Accessing and adjusting the Genome Alignment Viewer

  1. Click on the View icon in the upper right corner of the landing page for your job. This will open the Genome Alignment viewer. Figure 21

  2. The default view shows the genomes as rows of linear blocks. The name and ID of each genome is above each block row. Vertical lines indicate that the segment blocks between the genomes are shared, and the lines are similarly colored to the block. A block above or below the other blocks in the row indicates a genomic block that is inverted. Vertical red lines indicate a contig boundary. Figure 22

  3. The order of the genomes can be changed in the visualization by clicking on the up or down arrow directly in front of the genome row. This will move the genome up (or down) in the visualization. Figure 23

  4. Above the visualization are a number of options to alter the view. Reset will return the visualization to the original view. The view can be saved as a scaled vector graph (Save SVG). There are also different Options that can be selected, as well as the ability to move along the genome and zoom in to the see the genes called in the genome. Figure 24

  5. Clicking on Options opens a drop-down box that can change the view. Figure 25

  6. Unclicking the box in front of Show Genome ID removes the ID from the end of the names of the genomes. Figure 26

  7. Unclicking the box in front of LCG Connecting Lines will remove the lines that connect the blocks. Figure 27

  8. If the visualization is zoomed in to where the features are visible, unclicking the box in front of Show Features (zoomed) to remove them from the visualization.
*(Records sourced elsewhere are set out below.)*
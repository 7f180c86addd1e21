//! Tokens as the grammar sees them, by their kinds and their bytes.
ghost use Rattle.std.specs.Prelude.{◌≡◌, ◌<◌, ◌≤◌, [], ◌∷◌, IsTrue, MatchOption, length};
ghost use Rattle.tff_lexer.specs.Forms.{is_token, is_numeral};
ghost use Rattle.tff_lexer.specs.Values.{value};
ghost use Rattle.tff_grammar.specs.Pieces.{bytes_of, numeral_piece, piece_of, place};

use crate::pieces::{Number, Piece, Span};
use crate::words::{dollar, keyword, sign};
use tff_lexer::{Token, TokenKind, numeral_value};

/// A numeral as the grammar sees it.
fn numeral(text: &[u8], span: Span) -> Piece
    requires { IsTrue (is_numeral text.now) }
    ensures { result ≡ numeral_piece (value text.now) span }
{
    match numeral_value(text) {
        Some(value) => Piece::Numeral(Number { value, span }),
        None => Piece::WideNumeral,
    }
}

/// A token of this kind, with this text and at this place.
fn piece(kind: TokenKind, text: &[u8], span: Span) -> Piece
    requires { IsTrue (is_token kind text.now) }
    ensures { result ≡ piece_of kind text.now span }
{
    match kind {
        TokenKind::Lower => Piece::Lower(keyword(text), span),
        TokenKind::Upper => Piece::Upper(span),
        TokenKind::Dollar => dollar(text, span),
        TokenKind::Quoted => Piece::Quoted(span),
        TokenKind::Numeral => numeral(text, span),
        TokenKind::Sign => sign(text),
        TokenKind::Distinct | TokenKind::Rational | TokenKind::Real => Piece::Unsupported,
    }
}

/// A token of a text.
pub(crate) fn piece_at(bytes: &[u8], token: Token) -> Piece
    requires spans { (token.start < token.end) × (token.end ≤ length bytes.now) }
    requires form { IsTrue (is_token token.kind (bytes_of bytes.now token)) }
    ensures { result ≡ piece_of token.kind (bytes_of bytes.now token) (place token) }
{
    let span = Span {
        start: token.start,
        end: token.end,
    };
    piece(
        token.kind,
        &bytes[token.start as usize..token.end as usize],
        span,
    )
}

/// The first token, and the rest.
pub(crate) fn next_token(tokens: &[Token]) -> Option<(Token, &[Token])>
    ensures { MatchOption result (tokens.now ≡ []) (λ (t, rest). tokens.now ≡ t ∷ rest.now) }
{
    let (first, rest) = tokens.split_first()?;
    Some((*first, rest))
}
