//! Passes over annotations.
ghost use Rattle.std.specs.Prelude.{◌≡◌, ◌≤◌, ◌<◌, [], ◌∷◌, length, IfOk, IfErr};
ghost use Rattle.tff_grammar.specs.Notes.{note_of};
ghost use Rattle.tff_grammar.specs.Machine.{Reads, Stops};
ghost use Rattle.tff_grammar.specs.Machine as m;

use crate::cursor::{MAX_LEVELS, Pieces, copied, count, deeper, expect, next, syntax};
use crate::faults::Stop;
use crate::pieces::{Piece, Sign};

/// What a token is in annotations.
#[derive(Clone, Copy)]
enum Note {
    OpenRound,
    CloseRound,
    OpenSquare,
    CloseSquare,
    /// A numeral out of the range.
    Wide,
    Other,
}

fn note_at(piece: Piece) -> Note
    ensures { result ≡ note_of piece }
{
    match piece {
        Piece::Sign(Sign::OpenRound) => Note::OpenRound,
        Piece::Sign(Sign::CloseRound) => Note::CloseRound,
        Piece::Sign(Sign::OpenSquare) => Note::OpenSquare,
        Piece::Sign(Sign::CloseSquare) => Note::CloseSquare,
        Piece::WideNumeral => Note::Wide,
        _ => Note::Other,
    }
}

/// What is behind a round bracket of annotations, what stands in it, and the other bracket.
#[cycle(annotations)]
fn round<'a>(pieces: &Pieces<'a>, after: &Pieces<'a>, level: usize) -> Result<Pieces<'a>, Stop>
    requires level { level ≤ MAX_LEVELS }
    requires front { pieces.now ≡ Piece.Sign Sign.OpenRound ∷ after.now }
    ensures ok { IfOk result (λ rest. Reads (m.notes ∷ []) [] (m.notes ∷ []) [] level pieces.now rest) }
    ensures rest { IfOk result (λ rest. length rest < length pieces.now) }
    ensures err { IfErr result (Stops (m.notes ∷ []) [] level pieces.now) }
{
    let inside = deeper(pieces, level)?;
    let behind = annotations(after, inside)?;
    expect(&behind, Sign::CloseRound, inside)
}

/// What is behind annotations: the first closing bracket that none of theirs opens, or the end.
#[cycle(annotations)]
pub(crate) fn annotations<'a>(pieces: &Pieces<'a>, level: usize) -> Result<Pieces<'a>, Stop>
    requires { level ≤ MAX_LEVELS }
    ensures ok { IfOk result (λ rest. Reads (m.notes ∷ []) [] [] [] level pieces.now rest) }
    ensures rest { IfOk result (λ rest. length rest ≤ length pieces.now) }
    ensures err { IfErr result (Stops (m.notes ∷ []) [] level pieces.now) }
{
    let mut squares: usize = 0;
    let mut rest = copied(pieces);
    while let Some((piece, after)) = next(&rest) {
        match note_at(piece) {
            Note::OpenRound => rest = round(&rest, &after, level)?,
            Note::OpenSquare => {
                prove!(squares < count(pieces));
                squares += 1;
                rest = after;
            }
            Note::CloseSquare => {
                if squares == 0 {
                    return Ok(rest);
                }
                squares -= 1;
                rest = after;
            }
            Note::CloseRound => {
                if squares == 0 {
                    return Ok(rest);
                }
                return Err(syntax(&rest, level));
            }
            Note::Wide => return Err(syntax(&rest, level)),
            Note::Other => rest = after,
        }
    }
    if squares == 0 {
        return Ok(rest);
    }
    Err(syntax(&rest, level))
}
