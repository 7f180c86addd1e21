//! Reads the types that declarations give.
ghost use Rattle.std.specs.Prelude.{◌≡◌, ◌+◌, ◌<◌, ◌≤◌, [], ◌∷◌, ◌++◌, true, false, List, length, IfOk, IfErr};
ghost use Rattle.tff_grammar.specs.declared.trees.Sort as sorts;
ghost use Rattle.tff_grammar.specs.declared.trees.DeclaredType.TheVariants as types;
ghost use Rattle.tff_grammar.specs.Machine.{argument_sort, argument_follows, sorts_value, type_value, Reads, Stops};
ghost use Rattle.tff_grammar.specs.Machine as m;

use crate::cursor::{
    MAX_LEVELS, Pieces, argument_fault, copied, deeper, expect, next, result_fault, syntax,
    truth_fault,
};
use crate::faults::Stop;
use crate::pieces::{Piece, Sign};
use crate::trees::{DeclaredType, Sort, Word};
use sqlite_items::Items;
use std::alloc::Global;

/// The sort of an argument or a variable that a token is.
pub(crate) fn argument_sort(piece: Piece) -> Option<Sort>
    ensures { result ≡ argument_sort piece }
{
    match piece {
        Piece::Lower(_, span) => Some(Sort::Word(Word::Lower(span))),
        Piece::Quoted(span) => Some(Sort::Word(Word::Quoted(span))),
        Piece::Basic(basic) => Some(Sort::Basic(basic)),
        _ => None,
    }
}

/// In front of these tokens a `$o` is the sort of an argument.
fn argument_follows(pieces: &Pieces) -> bool
    ensures { result ≡ argument_follows false pieces.now }
{
    match next(pieces) {
        Some((Piece::Sign(Sign::Arrow), _)) => true,
        _ => false,
    }
}

/// In front of these tokens a `$o` behind a bracket is the sort of an argument.
fn argument_follows_in(pieces: &Pieces) -> bool
    ensures { result ≡ argument_follows true pieces.now }
{
    match next(pieces) {
        Some((Piece::Sign(Sign::Arrow | Sign::Star), _)) => true,
        Some((Piece::Sign(Sign::CloseRound), behind)) => argument_follows(&behind),
        _ => false,
    }
}

/// The sort behind a `>`.
fn result_sort<'a>(pieces: &Pieces<'a>, level: usize) -> Result<(Sort, Pieces<'a>), Stop>
    ensures ok { IfOk result
        (λ (s, rest). (args : List sorts.Sort)
        → Reads (m.result_sort ∷ []) (sorts_value args ∷ []) []
        (type_value (types.Function args s) ∷ []) level pieces.now rest) }
    ensures rest { IfOk result (λ (s, rest). length rest ≤ length pieces.now) }
    ensures err { IfErr result (Stops (m.result_sort ∷ []) [] level pieces.now) }
{
    match next(pieces) {
        Some((Piece::Truth, rest)) => Ok((Sort::Truth, rest)),
        Some((piece, rest)) => match argument_sort(piece) {
            Some(sort) => Ok((sort, rest)),
            None => Err(result_fault(pieces, level)),
        },
        None => Err(result_fault(pieces, level)),
    }
}

/// The type that begins with a sort: that of a constant, or a function of one argument.
fn type_behind<'a>(
    alloc: Global,
    sort: Sort,
    pieces: &Pieces<'a>,
    level: usize,
) -> Result<(DeclaredType, Pieces<'a>), Stop>
    ensures ok { IfOk result
        (λ (t, rest). Reads (m.result ∷ []) (sorts_value (sort ∷ []) ∷ []) []
        (type_value t ∷ []) level pieces.now rest) }
    ensures rest { IfOk result (λ (t, rest). length rest ≤ length pieces.now) }
    ensures err { IfErr result (Stops (m.result ∷ []) (sorts_value (sort ∷ []) ∷ []) level pieces.now) }
{
    let mut arguments = Items::new(alloc);
    match next(pieces) {
        Some((Piece::Sign(Sign::Arrow), after)) => {
            let (result, rest) = result_sort(&after, level)?;
            arguments.push(sort)?;
            Ok((DeclaredType::Function(arguments, result), rest))
        }
        _ => Ok((DeclaredType::Function(arguments, sort), copied(pieces))),
    }
}

/// A sort of an argument behind a `*`, in a bracket above `level` levels.
fn argument<'a>(pieces: &Pieces<'a>, level: usize) -> Result<(Sort, Pieces<'a>), Stop>
    requires { level < MAX_LEVELS }
    ensures ok { IfOk result
        (λ (s, rest). (args : List sorts.Sort)
        → Reads (m.argument ∷ []) (sorts_value args ∷ []) (m.more_args ∷ [])
        (sorts_value (args ++ s ∷ []) ∷ []) level pieces.now rest) }
    ensures rest { IfOk result (λ (s, rest). length rest < length pieces.now) }
    ensures err { IfErr result (Stops (m.argument ∷ []) [] level pieces.now) }
{
    match next(pieces) {
        Some((piece, rest)) => match argument_sort(piece) {
            Some(sort) => Ok((sort, rest)),
            None => Err(argument_fault(pieces, level + 1)),
        },
        None => Err(argument_fault(pieces, level + 1)),
    }
}

/// Further sorts behind a first one, each behind a `*`, and the bracket, above `level` levels.
fn arguments<'a>(
    alloc: Global,
    first: Sort,
    pieces: &Pieces<'a>,
    level: usize,
) -> Result<(Items<Sort>, Pieces<'a>), Stop>
    requires { level < MAX_LEVELS }
    ensures ok { IfOk result
        (λ (args, rest). Reads (m.argument ∷ []) (sorts_value (first ∷ []) ∷ []) (m.arrow_result ∷ [])
        (sorts_value args ∷ []) level pieces.now rest) }
    ensures rest { IfOk result (λ (args, rest). length rest ≤ length pieces.now) }
    ensures err { IfErr result (Stops (m.argument ∷ []) (sorts_value (first ∷ []) ∷ []) level pieces.now) }
{
    let mut arguments = Items::new(alloc);
    arguments.push(first)?;
    let (second, rest) = argument(pieces, level)?;
    arguments.push(second)?;
    let mut rest = rest;
    while let Some((Piece::Sign(Sign::Star), after)) = next(&rest) {
        let (sort, behind) = argument(&after, level)?;
        arguments.push(sort)?;
        rest = behind;
    }
    match next(&rest) {
        Some((Piece::Sign(Sign::CloseRound), behind)) => Ok((arguments, behind)),
        _ => Err(syntax(&rest, level + 1)),
    }
}

/// The type that begins with a sort behind a bracket, above `level` levels.
fn type_in<'a>(
    alloc: Global,
    sort: Sort,
    pieces: &Pieces<'a>,
    level: usize,
) -> Result<(DeclaredType, Pieces<'a>), Stop>
    requires { level < MAX_LEVELS }
    ensures ok { IfOk result
        (λ (t, rest). Reads (m.in_args ∷ []) (sorts_value (sort ∷ []) ∷ []) []
        (type_value t ∷ []) level pieces.now rest) }
    ensures rest { IfOk result (λ (t, rest). length rest ≤ length pieces.now) }
    ensures err { IfErr result (Stops (m.in_args ∷ []) (sorts_value (sort ∷ []) ∷ []) level pieces.now) }
{
    match next(pieces) {
        Some((Piece::Sign(Sign::CloseRound), after)) => type_behind(alloc, sort, &after, level),
        Some((Piece::Sign(Sign::Arrow), after)) => {
            let (result, rest) = result_sort(&after, level + 1)?;
            let behind = expect(&rest, Sign::CloseRound, level + 1)?;
            let mut arguments = Items::new(alloc);
            arguments.push(sort)?;
            Ok((DeclaredType::Function(arguments, result), behind))
        }
        Some((Piece::Sign(Sign::Star), after)) => {
            let (arguments, rest) = arguments(alloc, sort, &after, level)?;
            let behind = expect(&rest, Sign::Arrow, level)?;
            let (result, end) = result_sort(&behind, level)?;
            Ok((DeclaredType::Function(arguments, result), end))
        }
        _ => Err(syntax(pieces, level + 1)),
    }
}

/// A type and the bracket behind it, or sorts, the bracket and a result, in a bracket above `level` levels.
fn bracketed<'a>(
    alloc: Global,
    pieces: &Pieces<'a>,
    level: usize,
) -> Result<(DeclaredType, Pieces<'a>), Stop>
    requires { level < MAX_LEVELS }
    ensures ok { IfOk result (λ (t, rest). Reads (m.in_type ∷ []) [] [] (type_value t ∷ []) level pieces.now rest) }
    ensures rest { IfOk result (λ (t, rest). length rest ≤ length pieces.now) }
    ensures err { IfErr result (Stops (m.in_type ∷ []) [] level pieces.now) }
{
    match next(pieces) {
        Some((Piece::OfTypes, after)) => {
            let rest = expect(&after, Sign::CloseRound, level + 1)?;
            Ok((DeclaredType::OfTypes, rest))
        }
        Some((Piece::Sign(Sign::OpenRound), after)) => {
            deeper(pieces, level + 1)?;
            let (inner, behind) = bracketed(alloc, &after, level + 1)?;
            let rest = expect(&behind, Sign::CloseRound, level + 1)?;
            Ok((inner, rest))
        }
        Some((Piece::Truth, after)) => {
            if argument_follows_in(&after) {
                return Err(truth_fault(pieces));
            }
            let rest = expect(&after, Sign::CloseRound, level + 1)?;
            Ok((DeclaredType::Function(Items::new(alloc), Sort::Truth), rest))
        }
        Some((piece, after)) => match argument_sort(piece) {
            Some(sort) => type_in(alloc, sort, &after, level),
            None => Err(syntax(pieces, level + 1)),
        },
        None => Err(syntax(pieces, level + 1)),
    }
}

/// The type that a declaration gives.
pub(crate) fn declared_type<'a>(
    alloc: Global,
    pieces: &Pieces<'a>,
    level: usize,
) -> Result<(DeclaredType, Pieces<'a>), Stop>
    requires { level ≤ MAX_LEVELS }
    ensures ok { IfOk result (λ (t, rest). Reads (m.type ∷ []) [] [] (type_value t ∷ []) level pieces.now rest) }
    ensures rest { IfOk result (λ (t, rest). length rest ≤ length pieces.now) }
    ensures err { IfErr result (Stops (m.type ∷ []) [] level pieces.now) }
{
    match next(pieces) {
        Some((Piece::OfTypes, rest)) => Ok((DeclaredType::OfTypes, rest)),
        Some((Piece::Sign(Sign::OpenRound), after)) => {
            deeper(pieces, level)?;
            bracketed(alloc, &after, level)
        }
        Some((Piece::Truth, rest)) => {
            if argument_follows(&rest) {
                return Err(truth_fault(pieces));
            }
            Ok((DeclaredType::Function(Items::new(alloc), Sort::Truth), rest))
        }
        Some((piece, rest)) => match argument_sort(piece) {
            Some(sort) => type_behind(alloc, sort, &rest, level),
            None => Err(syntax(pieces, level)),
        },
        None => Err(syntax(pieces, level)),
    }
}

/// A word and its type, in brackets or not.
pub(crate) fn typing<'a>(
    alloc: Global,
    pieces: &Pieces<'a>,
    level: usize,
) -> Result<((Word, DeclaredType), Pieces<'a>), Stop>
    requires { level ≤ MAX_LEVELS }
    ensures ok { IfOk result
        (λ ((w, t), rest). Reads (m.typing ∷ []) [] [] (type_value t ∷ m.word_value w ∷ []) level pieces.now rest) }
    ensures rest { IfOk result (λ (t, rest). length rest ≤ length pieces.now) }
    ensures err { IfErr result (Stops (m.typing ∷ []) [] level pieces.now) }
{
    let (word, after) = match next(pieces) {
        Some((Piece::Lower(_, span), after)) => (Word::Lower(span), after),
        Some((Piece::Quoted(span), after)) => (Word::Quoted(span), after),
        Some((Piece::Sign(Sign::OpenRound), after)) => {
            let inside = deeper(pieces, level)?;
            let (inner, behind) = typing(alloc, &after, inside)?;
            let rest = expect(&behind, Sign::CloseRound, inside)?;
            return Ok((inner, rest));
        }
        _ => return Err(syntax(pieces, level)),
    };
    let behind = expect(&after, Sign::Colon, level)?;
    let (given, rest) = declared_type(alloc, &behind, level)?;
    Ok(((word, given), rest))
}
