//! Reads statements, and all that a file says.
ghost use Rattle.std.specs.Prelude.{◌≡◌, ◌<◌, ◌≤◌, [], ◌∷◌, ◌++◌, false, List, length, IfOk, IfErr};
ghost use Rattle.tff_grammar.specs.declared.trees.Statement as the_statements;
ghost use Rattle.tff_grammar.specs.Machine.{Stack, Values, file_value, name_value, content_values, again_behind, go, whole, read, Reads, Stops, Faults};
ghost use Rattle.tff_grammar.specs.Machine as m;

use crate::annotations::annotations;
use crate::cursor::{Pieces, copied, expect, next, role_fault, start_fault, syntax};
use crate::faults::Stop;
use crate::formulas::formula;
use crate::pieces::{Keyword, Piece, Sign, Span};
use crate::trees::{Content, Statement};
use crate::types::typing;
use sqlite_items::Items;
use std::alloc::Global;

/// The place of a statement's name.
fn name<'a>(pieces: &Pieces<'a>) -> Result<(Span, Pieces<'a>), Stop>
    ensures ok { IfOk result (λ (s, rest). Reads (m.a_name ∷ []) [] [] (name_value s ∷ []) 0 pieces.now rest) }
    ensures rest { IfOk result (λ (s, rest). length rest < length pieces.now) }
    ensures err { IfErr result (Stops (m.a_name ∷ []) [] 0 pieces.now) }
{
    match next(pieces) {
        Some((Piece::Lower(_, span) | Piece::Quoted(span), rest)) => Ok((span, rest)),
        Some((Piece::Numeral(number), rest)) => Ok((number.span, rest)),
        _ => Err(syntax(pieces, 0)),
    }
}

/// What stands behind a role and a comma, by the role; `again` where a conjecture came before.
fn content<'a>(
    alloc: Global,
    pieces: &Pieces<'a>,
    again: bool,
) -> Result<(Content, Pieces<'a>), Stop>
    ensures ok { IfOk result
        (λ (c, rest). (k : Stack) (vs : Values)
        → go (m.role again ∷ k) vs pieces.now
        ≡ go (m.ending ∷ m.statements (again_behind again c) ∷ k) (content_values c vs) rest) }
    ensures rest { IfOk result (λ (c, rest). length rest ≤ length pieces.now) }
    ensures err { IfErr result (Stops (m.role again ∷ []) [] 0 pieces.now) }
{
    match next(pieces) {
        Some((Piece::Lower(Keyword::Declaration, _), after)) => {
            let behind = expect(&after, Sign::Comma, 0)?;
            let ((word, given), rest) = typing(alloc, &behind, 0)?;
            Ok((Content::Declaration(word, given), rest))
        }
        Some((Piece::Lower(Keyword::Premise, _), after)) => {
            let behind = expect(&after, Sign::Comma, 0)?;
            let (premise, rest) = formula(alloc, &behind, 0)?;
            Ok((Content::Premise(premise), rest))
        }
        Some((Piece::Lower(Keyword::Conjecture, _), after)) if !again => {
            let behind = expect(&after, Sign::Comma, 0)?;
            let (conjecture, rest) = formula(alloc, &behind, 0)?;
            Ok((Content::Conjecture(conjecture), rest))
        }
        _ => Err(role_fault(pieces)),
    }
}

/// The end of a statement, behind annotations where there are some.
fn ending<'a>(pieces: &Pieces<'a>) -> Result<Pieces<'a>, Stop>
    ensures ok { IfOk result
        (λ rest. (k : Stack) (vs : Values) → m.levels k ≡ 0
        → go (m.ending ∷ k) vs pieces.now ≡ go k (m.ending_taken vs) rest) }
    ensures rest { IfOk result (λ rest. length rest ≤ length pieces.now) }
    ensures err { IfErr result (Stops (m.ending ∷ []) [] 0 pieces.now) }
{
    let behind = match next(pieces) {
        Some((Piece::Sign(Sign::CloseRound), after)) => after,
        Some((Piece::Sign(Sign::Comma), after)) => {
            let close = annotations(&after, 0)?;
            expect(&close, Sign::CloseRound, 0)?
        }
        _ => return Err(syntax(pieces, 0)),
    };
    expect(&behind, Sign::Dot, 0)
}

/// A statement behind its first word; `again` where a conjecture came before.
fn statement<'a>(
    alloc: Global,
    pieces: &Pieces<'a>,
    again: bool,
) -> Result<(Statement, Pieces<'a>), Stop>
    ensures ok { IfOk result
        (λ (s, rest). (ss : List the_statements.Statement)
        → go (m.sign Sign.OpenRound ∷ m.a_name ∷ m.sign Sign.Comma ∷ m.role again ∷ []) (file_value ss ∷ []) pieces.now
        ≡ go (m.statements (again_behind again s.content) ∷ []) (file_value (ss ++ s ∷ []) ∷ []) rest) }
    ensures rest { IfOk result (λ (s, rest). length rest ≤ length pieces.now) }
    ensures err { IfErr result
        (Stops (m.sign Sign.OpenRound ∷ m.a_name ∷ m.sign Sign.Comma ∷ m.role again ∷ []) [] 0 pieces.now) }
{
    let inner = expect(pieces, Sign::OpenRound, 0)?;
    let (name, after) = name(&inner)?;
    let behind = expect(&after, Sign::Comma, 0)?;
    let (content, close) = content(alloc, &behind, again)?;
    let rest = ending(&close)?;
    Ok((Statement { name, content }, rest))
}

fn is_conjecture(content: &Content) -> bool
    ensures { result ≡ again_behind false content.now }
{
    match content {
        Content::Conjecture(_) => true,
        _ => false,
    }
}

/// All statements of a text.
pub(crate) fn statements(alloc: Global, pieces: &Pieces) -> Result<Items<Statement>, Stop>
    ensures ok { IfOk result (λ ss. read pieces.now ≡ whole (file_value ss ∷ [])) }
    ensures err { IfErr result (Faults pieces.now) }
{
    let mut statements = Items::new(alloc);
    let mut again = false;
    let mut rest = copied(pieces);
    while let Some((Piece::Lower(Keyword::Tff, _), after)) = next(&rest) {
        let (statement, behind) = statement(alloc, &after, again)?;
        again = again || is_conjecture(&statement.content);
        statements.push(statement)?;
        rest = behind;
    }
    match next(&rest) {
        None => Ok(statements),
        Some(_) => Err(start_fault(&rest)),
    }
}
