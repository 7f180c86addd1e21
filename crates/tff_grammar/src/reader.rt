//! Reads a text.
ghost use Rattle.std.specs.Prelude.{◌≡◌, ◌≤◌, IfOk, IfErr, MatchResult, List, length};
ghost use Rattle.tff_grammar.specs.declared.trees.Statement as the_statements;
ghost use Rattle.tff_grammar.specs.Answer.{IsText, Explains, IsThere};

use crate::cursor::Pieces;
use crate::faults::{Fault, FaultName, Found, ParseError, Stop};
use crate::statements::statements;
use crate::trees::Statement;
use sqlite_items::Items;
use std::alloc::Global;
use tff_lexer::{Scan, one_scan, token_texts, tokens};

/// The fault that stands in front of so many tokens of a text of `total` bytes.
fn located(total: usize, scan: &Scan, found: Found) -> Fault
    requires { found.left ≤ length scan.now.tokens.items }
    ensures { IsThere total scan.now.tokens.items scan.now.stop found result }
{
    let index = scan.tokens.len() - found.left;
    match scan.tokens.get(index) {
        Some(token) => Fault {
            name: found.name,
            at: token.start,
            token: Some(*token),
        },
        None => match scan.stop {
            Some(at) => Fault {
                name: FaultName::Lex,
                at,
                token: None,
            },
            None => Fault {
                name: found.name,
                at: total as u64,
                token: None,
            },
        },
    }
}

/// The statements of a text. Fault exactly where the bytes are no text of the grammar without a fault (TPTP's typed first-order form,
/// with the limits of this reader): the first fault. Memory where memory is wanting.
pub fn parse(alloc: Global, bytes: &[u8]) -> Result<Items<Statement>, ParseError>
    ensures ok { IfOk result (IsText bytes.now) }
    ensures fault { IfErr result (Explains bytes.now) }
    // A text without a fault is read, and as no other statements, unless memory runs out.
    ensures only { (ss : List the_statements.Statement) → IsText bytes.now ss
        → MatchResult result (λ read. read ≡ ss) (λ e. e ≡ ParseError.Memory) }
{
    one_scan();
    token_texts();
    let scan = tokens(alloc, bytes)?;
    let pieces = Pieces::new(bytes, &scan.tokens);
    match statements(alloc, &pieces) {
        Ok(statements) => match scan.stop {
            None => Ok(statements),
            Some(at) => Err(ParseError::Fault(Fault {
                name: FaultName::Lex,
                at,
                token: None,
            })),
        },
        Err(Stop::Memory) => Err(ParseError::Memory),
        Err(Stop::Fault(found)) => Err(ParseError::Fault(located(bytes.len(), &scan, found))),
    }
}
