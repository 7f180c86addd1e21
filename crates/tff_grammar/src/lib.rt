//! The grammar of the input language: from the bytes of a text to its syntax trees, or to the first fault.
#![tactic(auto)]

mod annotations;
mod cursor;
mod faults;
mod formulas;
mod laws;
mod lists;
mod pieces;
mod reader;
mod statements;
mod terms;
mod tokens;
mod trees;
mod types;
mod words;

pub use faults::{Fault, FaultName, ParseError};
pub use laws::{ascending_places, no_fault_of_text, one_fault, one_text, some_answer};
pub use pieces::{
    BasicSort, Junction, Keyword, Link, Number, Operation, Piece, Quantifier, Relation, Sign, Span,
};
pub use reader::parse;
pub use trees::{Content, DeclaredType, Formula, Head, Sort, Statement, Term, Variable, Word};
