//! Lists with no more room than they need.
ghost use Rattle.std.specs.Prelude.{◌≡◌, [], ◌∷◌, ◌++◌, OnOk};

use sqlite_items::Items;
use std::alloc::AllocError;

/// The length from which a list grows by doubling.
const SHORT: usize = 4;

/// One more member, the last one. A short list gets room for it alone, since most lists of a text stay short.
pub(crate) fn add<T: Drop>(list: &mut Vec<T>, member: T) -> Result<(), AllocError>
    ensures { OnOk result (list.new.items ≡ list.old.items ++ member ∷ []) }
{
    if list.len() < SHORT {
        list.reserve_exact(1)?;
    }
    list.push(member)?;
    Ok(())
}

/// A list that doesn't grow any more, without the room that is left.
pub(crate) fn exact<T: Drop>(list: Vec<T>) -> Items<T>
    ensures { result ≡ list.items }
{
    let mut list = list;
    list.shrink_to_fit();
    Items::from_vec(list)
}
Figure 28

  9. Unclicking the box in front of Show Contigs will remove the lines that show where the contigs begin and end. Figure 29

  10. You can use the “>” to shift the view to the right, and the “<” to shift it to the left. Using the “+” icon to zoom in, and the “–” icon to zoom out. Zooming in far enough will show the genes that are annotated in that area as grey blocks. Mousing over each block will open a pop-up window that shows the name of that gene and information about it. Figure 30

Source Code

The code used in the BV-BRC service can be found here: https://github.com/PATRIC3/p3_mauve

References

  1. Darling, A.E., B. Mau, and N.T. Perna, progressiveMauve: multiple genome alignment with gene gain, loss and rearrangement. PloS one, 2010. 5(6): p. e11147.